The insinuation is that Phoenix has seen a lot of racial violence throughout her lifetime. Lastly, the attendant in the clinic treats Phoenix very rudely, calling her "Grandma," arranging her to speak up, sprinkling her with questions, and challenging to recognize if she is tone-deaf (Piwinski). Violence is not uncommon to blacks even today because of the racism much like it was for phoenix. Even today the rise of racial violence is on the rise and not just with African-Americans but with other minorities as well. Provided the long custom of Southern politeness, one can undertake that a white woman -- who is considered to be some kind of social equal -- would not have been even treated in this way. Phoenix, who was an old black woman, was not afforded the common politeness.

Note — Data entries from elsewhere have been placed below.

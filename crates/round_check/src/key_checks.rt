//! What the checks of a line ask of its keys.

ghost use Rattle.std.specs.Prelude.{◌≡◌, ◌+◌, ◌-◌, ◌/◌, ◌^◌, ◌<◌, ◌≤◌, ◌∷◌, Some, None, length};
ghost use Rattle.std.specs.List.{range_with_len};
ghost use Rattle.round_check.specs.Keys.{own_key, bound_key, free_key, block_of, bind, own_keys, free_keys, bind_all, take_key, give_key, part_keys, split_key, swap_keys, trim_key, Settles};

use crate::keys::{Block, Bound, KeyState, KeyTable, Turn};
use input_form::{Code, need};

// No earlier line of this round, of another CPU, names the key.
#[tactic(auto, unfolding(crate::specs::Keys::own_key))]
fn own_key(keys: &KeyTable, turn: Turn, key: u32) -> Result<(), Code>
    requires { key < 65536 }
    ensures { result ≡ own_key keys.now turn key }
{
    let state = keys.at(key);
    need(
        !(state.round == turn.round && state.cpu != turn.cpu),
        Code::SharedKey(key),
    )
}

#[tactic(auto, unfolding(crate::specs::Keys::bound_key))]
fn bound_key(keys: &KeyTable, key: u32) -> Result<Bound, Code>
    requires { key < 65536 }
    ensures { result ≡ bound_key keys.now key }
{
    keys.at(key).bound.ok_or(Code::NoKey(key))
}

#[tactic(auto, unfolding(crate::specs::Keys::free_key))]
fn free_key(keys: &KeyTable, key: u32) -> Result<(), Code>
    requires { key < 65536 }
    ensures { result ≡ free_key keys.now key }
{
    need(keys.at(key).bound.is_none(), Code::Bound(key))
}

fn block_of(key: u32, bound: Bound) -> Result<Block, Code>
    ensures { result ≡ block_of key bound }
{
    match bound {
        Bound::Object => Err(Code::Kind(key)),
        Bound::Block(block) => Ok(block),
    }
}

fn bind(keys: &mut KeyTable, turn: Turn, bound: Option<Bound>, key: u32)
    requires { key < 65536 }
    ensures { keys.new ≡ bind keys.old turn bound key }
{
    keys.set(
        key,
        KeyState {
            bound,
            round: turn.round,
            cpu: turn.cpu,
        },
    );
}

fn own_keys(keys: &KeyTable, turn: Turn, first: u32, count: u32) -> Result<(), Code>
    requires { first + count ≤ 65536 }
    ensures { result ≡ own_keys keys.now turn (range_with_len first count) }
{
    for key in first..first + count {
        if let Err(code) = own_key(keys, turn, key) {
            return Err(code);
        }
    }
    Ok(())
}

fn free_keys(keys: &KeyTable, first: u32, count: u32) -> Result<(), Code>
    requires { first + count ≤ 65536 }
    ensures { result ≡ free_keys keys.now (range_with_len first count) }
{
    for key in first..first + count {
        if let Err(code) = free_key(keys, key) {
            return Err(code);
        }
    }
    Ok(())
}

fn bind_all(keys: &mut KeyTable, turn: Turn, bound: Option<Bound>, first: u32, count: u32)
    requires { first + count ≤ 65536 }
    ensures { keys.new ≡ bind_all keys.old turn bound (range_with_len first count) }
{
    for key in first..first + count {
        bind(keys, turn, bound, key);
    }
}

/// `page` and `kmalloc`
#[tactic(auto, unfolding(crate::specs::Keys::take_key))]
pub(crate) fn take_key(keys: &mut KeyTable, turn: Turn, key: u32, bound: Bound) -> Result<(), Code>
    requires { key < 65536 }
    ensures { Settles result keys.new (take_key keys.old turn key bound) }
{
    own_key(keys, turn, key)?;
    free_key(keys, key)?;
    bind(keys, turn, Some(bound), key);
    Ok(())
}

/// `free`
#[tactic(auto, unfolding(crate::specs::Keys::give_key))]
pub(crate) fn give_key(keys: &mut KeyTable, turn: Turn, key: u32) -> Result<(), Code>
    requires { key < 65536 }
    ensures { Settles result keys.new (give_key keys.old turn key) }
{
    own_key(keys, turn, key)?;
    let _bound = bound_key(keys, key)?;
    bind(keys, turn, None, key);
    Ok(())
}

/// The pages of a block of an order.
pub(crate) fn pages_of(order: u32) -> u32
    requires { order ≤ 10 }
    ensures value { result ≡ 2 ^ order }
    ensures some { 0 < result }
{
    1 << order
}

// The new keys of a split, once the split block is known.
#[tactic(auto, unfolding(crate::specs::Keys::part_keys))]
fn part_keys(
    keys: &mut KeyTable,
    turn: Turn,
    key: u32,
    order: u32,
    first: u32,
    count: u32,
) -> Result<(), Code>
    requires key { key < 65536 }
    requires order { order ≤ 10 }
    requires first { 1 ≤ first }
    ensures { Settles result keys.new (part_keys keys.old turn key order first count) }
{
    need(
        u64::from(first) + u64::from(count) - 1 <= 65_535,
        Code::Keys,
    )?;
    own_keys(keys, turn, first, count)?;
    free_keys(keys, first, count)?;
    let part = Some(Bound::Block(Block {
        order,
        pages: pages_of(order),
        trimmed: false,
    }));
    bind(keys, turn, part, key);
    bind_all(keys, turn, part, first, count);
    Ok(())
}

/// `split`
#[tactic(auto, unfolding(crate::specs::Keys::split_key))]
pub(crate) fn split_key(
    keys: &mut KeyTable,
    turn: Turn,
    key: u32,
    order: u32,
    first: u32,
) -> Result<(), Code>
    requires key { key < 65536 }
    requires order { order ≤ 10 }
    requires first { 1 ≤ first }
    ensures { Settles result keys.new (split_key keys.old turn key order first) }
{
    own_key(keys, turn, key)?;
    let bound = bound_key(keys, key)?;
    let block = block_of(key, bound)?;
    need(!block.trimmed, Code::Trimmed(key))?;
    need(order < block.order, Code::Orders)?;
    part_keys(
        keys,
        turn,
        key,
        order,
        first,
        (block.pages / pages_of(order)).saturating_sub(1),
    )
}

/// `swap`
#[tactic(auto, unfolding(crate::specs::Keys::swap_keys))]
pub(crate) fn swap_keys(keys: &mut KeyTable, turn: Turn, one: u32, two: u32) -> Result<(), Code>
    requires one { one < 65536 }
    requires two { two < 65536 }
    ensures { Settles result keys.new (swap_keys keys.old turn one two) }
{
    own_key(keys, turn, one)?;
    own_key(keys, turn, two)?;
    let first = bound_key(keys, one)?;
    let second = bound_key(keys, two)?;
    let block = block_of(one, first)?;
    let other = block_of(two, second)?;
    need(!block.trimmed, Code::Trimmed(one))?;
    need(!other.trimmed, Code::Trimmed(two))?;
    need(block.order == other.order, Code::Orders)?;
    bind(keys, turn, Some(first), one);
    bind(keys, turn, Some(second), two);
    Ok(())
}

/// `trim`
#[tactic(auto, unfolding(crate::specs::Keys::trim_key))]
pub(crate) fn trim_key(keys: &mut KeyTable, turn: Turn, key: u32, pages: u32) -> Result<(), Code>
    requires { key < 65536 }
    ensures { Settles result keys.new (trim_key keys.old turn key pages) }
{
    own_key(keys, turn, key)?;
    let bound = bound_key(keys, key)?;
    let block = block_of(key, bound)?;
    need(pages < block.pages, Code::Pages)?;
    let left = Block {
        order: block.order,
        pages: block.pages - pages,
        trimmed: true,
    };
    bind(keys, turn, Some(Bound::Block(left)), key);
    Ok(())
}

In conclusion, it is clear that things such as symbolism in "A Worn Path" has some huge meaning and various kinds of themes that communicate in society today. They show us the way diverse kinds of individuals are treated and provides a real-life picture of what life could possibly be if things were different. Also, the worn path talked about in the story shows the trials and tribulations that can occur in things occurring every day. Also, the description of Phoenix Jackson is labelled as being a usual colored woman living her life. During the course of the story, Jackson agonizes through a lot of cases, and at times, gets the need to just do not even try and give up. This account is all about looking way past those fears and brawls to keep moving onward in life. And irrespective of the glaze that is used and brought out in the open by Welty's genuine literary desire. Truth is true nevertheless of where it is established; and Eudora Welty discovers it in herself, her setting and finally in the experience and heart of her readers -- irrespective of age, education, socio-economic circumstances. Welty's accounts are truth, they are worldwide -- they are legendary.

Works Cited

Ascher, Barbara Lazear with Welty, Eudora. "A Visit with Eudora Welty,." The Yale Review (2004): 147-53.